Insert a new blog post into the database.
AI agents use blog_create to create or update resources in Mcp Bot Crawler — usually the action step of a workflow, after the agent has gathered context. Every call changes real data in your Mcp Bot Crawler environment.
This tool creates (inserts) new blog post content reversibly. It is a Write action because the data can be modified or deleted later, not a Destructive action. The severity is medium because unauthorized blog creation could introduce malicious or spam content on the website, potentially affecting reputation and user trust, though the effects are recoverable.
From the tool's definition Tool name 'blog_create' and description 'Insert a new blog post into the database' indicate creation of new data records.
Attacks that exploit this kind of access
Insert a new blog post into the database. It is categorised as a Write tool in the Mcp Bot Crawler MCP Server, which means it can create or modify data. Consider rate limits to prevent runaway writes.
Register the Mcp Bot Crawler MCP server in PolicyLayer and add a rule for blog_create: allow, deny, rate-limit, or require approval. Point your MCP client at the PolicyLayer proxy URL and the rule is enforced on every call, before it reaches Mcp Bot Crawler. Nothing to install.
blog_create is a Write tool with medium risk. Write tools should be rate-limited to prevent accidental bulk modifications.
Yes.
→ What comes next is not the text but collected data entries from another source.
//! The book that threads share, and its end.

ghost use Rattle.std.specs.Prelude.{◌≡◌, ◌+◌, ◌-◌, ◌<◌, ◌≤◌, ◌↔◌, ◌⊎◌, ℕ, Ok, Some, All, if◌then◌else◌, length, map, min, nat_lt, vec_len, slice_get, IfOk, IfErr, IfSome, IsOk, OnOk, OnErr, IsTrue};
ghost use Rattle.std.specs.Arc.{arc_value};
ghost use Rattle.judge_core.specs.Judging.{is_bookable};
ghost use Rattle.stat_count.specs.Sums.{arrivals};
ghost use Rattle.event_log.specs.History.{message_count, next_place, plan_in_force, slot};
ghost use Rattle.book_core.specs.inner.Questions.{front_at};
ghost use Rattle.book_lock.specs.declared.message.Found.TheVariants as Found;
ghost use Rattle.event_log.specs.Counting.{counted};
ghost use Rattle.event_log.specs.Event.{cancel, deploy, settle};
ghost use Rattle.book_lock.specs.inner.Closing.{HandsBack};
ghost use Rattle.book_lock.specs.Durable.{HasCommitted};
ghost use Rattle.book_lock.specs.Rises.{AddsUp};
ghost use Rattle.book_lock.specs.Log.{Arrives, Calls, Linearizes, Looks, Takes, IsCalled, IsPruneRefused, IsPruned, IsReadOf};
ghost use Rattle.book_lock.specs.Callers.{IsClosedBy};
ghost use Rattle.book_lock.specs.inner.Arriving.{ArrivesAtDesk};
ghost use Rattle.book_lock.specs.inner.Log.{new_seats};
ghost use Rattle.book_lock.specs.inner.Planning.{WasInForce};
ghost use Rattle.book_lock.specs.inner.Reading.{IsFound, IsGaugeOf, IsStatusOf, failed_among, first_live_at, found_among, text_for, waiting_among};
ghost use Rattle.book_lock.specs.inner.Shares.{no_calls, with_settlement, with_take};
ghost use Rattle.book_lock.specs.Shares.{seats_of};
ghost use Rattle.book_lock.specs.inner.Tidies.{ArrivesAtTidied, IsHeldBackAt};
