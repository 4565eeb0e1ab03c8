//! Plays calls on both stores of rows at once: a line is a call, and is written with the answer of both, or with both answers
//! where they differ. A row that is pushed has the line's number, counted from 0. Empty lines and those that begin with `#`
//! are written as they are. Behind the last line is how many nodes the linked rows have read.
//!
//! - `push ITEM MASK`, `front D`, `get NUMBER`, `set NUMBER ITEM`, `unlink NUMBER D`, `remove NUMBER`, `len`
//! - `random COUNT SEED`: COUNT calls that follow from the seed, on two stores that are empty at first.

ghost use Rattle.std.specs.Prelude.{◌≡◌, ◌<◌, ◌+◌, [], All, OnOk};

mod call;

use anyhow::{Result, bail};
use call::{Answer, Call, call_of, random_call};
use play_script::is_call;
use record_list::RecordList;
use row_store::{PlainRows, RowStore};
use std::alloc::{AllocError, Global};
use std::str;

/// The most lines of a script, and the most calls of a `random`.
const CALLS_MAX: u32 = 100_000;

/// The answer of both stores to a call, or both answers.
fn told(alloc: Global, by_plain: Answer, by_linked: Answer) -> Result<String, AllocError> {
    if by_plain == by_linked {
        format!(in alloc; "{by_plain}")
    } else {
        format!(in alloc; "{by_plain} in a vector, {by_linked} in linked nodes")
    }
}

/// What both stores answer to the call that a line writes. A row that is pushed gets the number `next`.
fn answer(
    alloc: Global,
    plain: &mut PlainRows<u64>,
    linked: &mut RecordList<u64>,
    next: u32,
    line: &str,
) -> Result<String>
    requires plain { All (λ row. row.number < next) plain.old.0 }
    requires linked { All (λ row. row.number < next) linked.old.rows }
    ensures plain { OnOk result (All (λ row. row.number < next + 1) plain.new.0) }
    ensures linked { OnOk result (All (λ row. row.number < next + 1) linked.new.rows) }
{
    let Some(call) = call_of(line) else {
        bail!("{line} is no call");
    };
    if let Call::Random { count, seed } = call {
        let same = compare(alloc, count.min(CALLS_MAX), seed);
        Ok(format!(in alloc; "{same} calls, the answers alike")?)
    } else {
        let by_plain = call::play(plain, next, &call);
        let by_linked = call::play(linked, next, &call);
        Ok(told(alloc, by_plain, by_linked)?)
    }
}

/// How many random calls both stores answer alike, up to the first that they don't.
fn compare(alloc: Global, count: u32, seed: u64) -> u32 {
    let mut plain: PlainRows<u64> = RowStore::make(alloc);
    let mut linked: RecordList<u64> = RowStore::make(alloc);
    let mut state = seed;
    for next in 0..count {
        state = state
            .wrapping_mul(6_364_136_223_846_793_005)
            .wrapping_add(1_442_695_040_888_963_407);
        let call = random_call(state >> 20, next);
        if call::play(&mut plain, next, &call) != call::play(&mut linked, next, &call) {
            return next;
        }
    }
    count
}

/// Plays lines, one after another, on two stores that are empty at first.
fn play_all(
    rt: &HostRuntime,
    plain: &mut PlainRows<u64>,
    linked: &mut RecordList<u64>,
    lines: &[Vec<u8>],
) -> Result<()>
    requires plain { plain.old.0 ≡ [] }
    requires linked { linked.old.rows ≡ [] }
{
    let mut next = 0;
    for line in lines {
        let line = str::from_utf8(line)?;
        if !is_call(line) {
            println!(rt; "{line}")?;
            continue;
        }
        if next >= CALLS_MAX {
            bail!("too many lines");
        }
        println!(rt;
            "{line}: {}",
            answer(rt.alloc(), plain, linked, next, line)?
        )?;
        next += 1;
    }
    Ok(())
}

/// Plays lines on two stores without rows.
///
/// # Errors
///
/// Where a line is no call, or memory is refused.
pub(crate) fn play(rt: &HostRuntime, lines: &[Vec<u8>]) -> Result<()> {
    let mut plain: PlainRows<u64> = RowStore::make(rt.alloc());
    let mut linked: RecordList<u64> = RowStore::make(rt.alloc());
    play_all(rt, &mut plain, &mut linked, lines)?;
    println!(rt; "{} nodes read", linked.visits())?;
    Ok(())
}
Add a rate_limit block to the blog_create rule in your PolicyLayer policy. For example, setting max: 10 and window: 60 limits the tool to 10 calls per minute. Rate limits are tracked per agent session and reset automatically.
Set action: deny in the PolicyLayer policy for blog_create. The AI agent will receive a policy violation error and cannot call the tool. You can also include a reason field to explain why the tool is blocked.
blog_create is provided by the Mcp Bot Crawler MCP server (merulocal/hellogrowthcrmwebsite_mcp). PolicyLayer sits as a proxy in front of this server to enforce policies before tool calls reach the server.
Every MCP server has a record like this.
Type a name, get the same breakdown: verified identity, auth posture, risk grade, capabilities, recommended policy.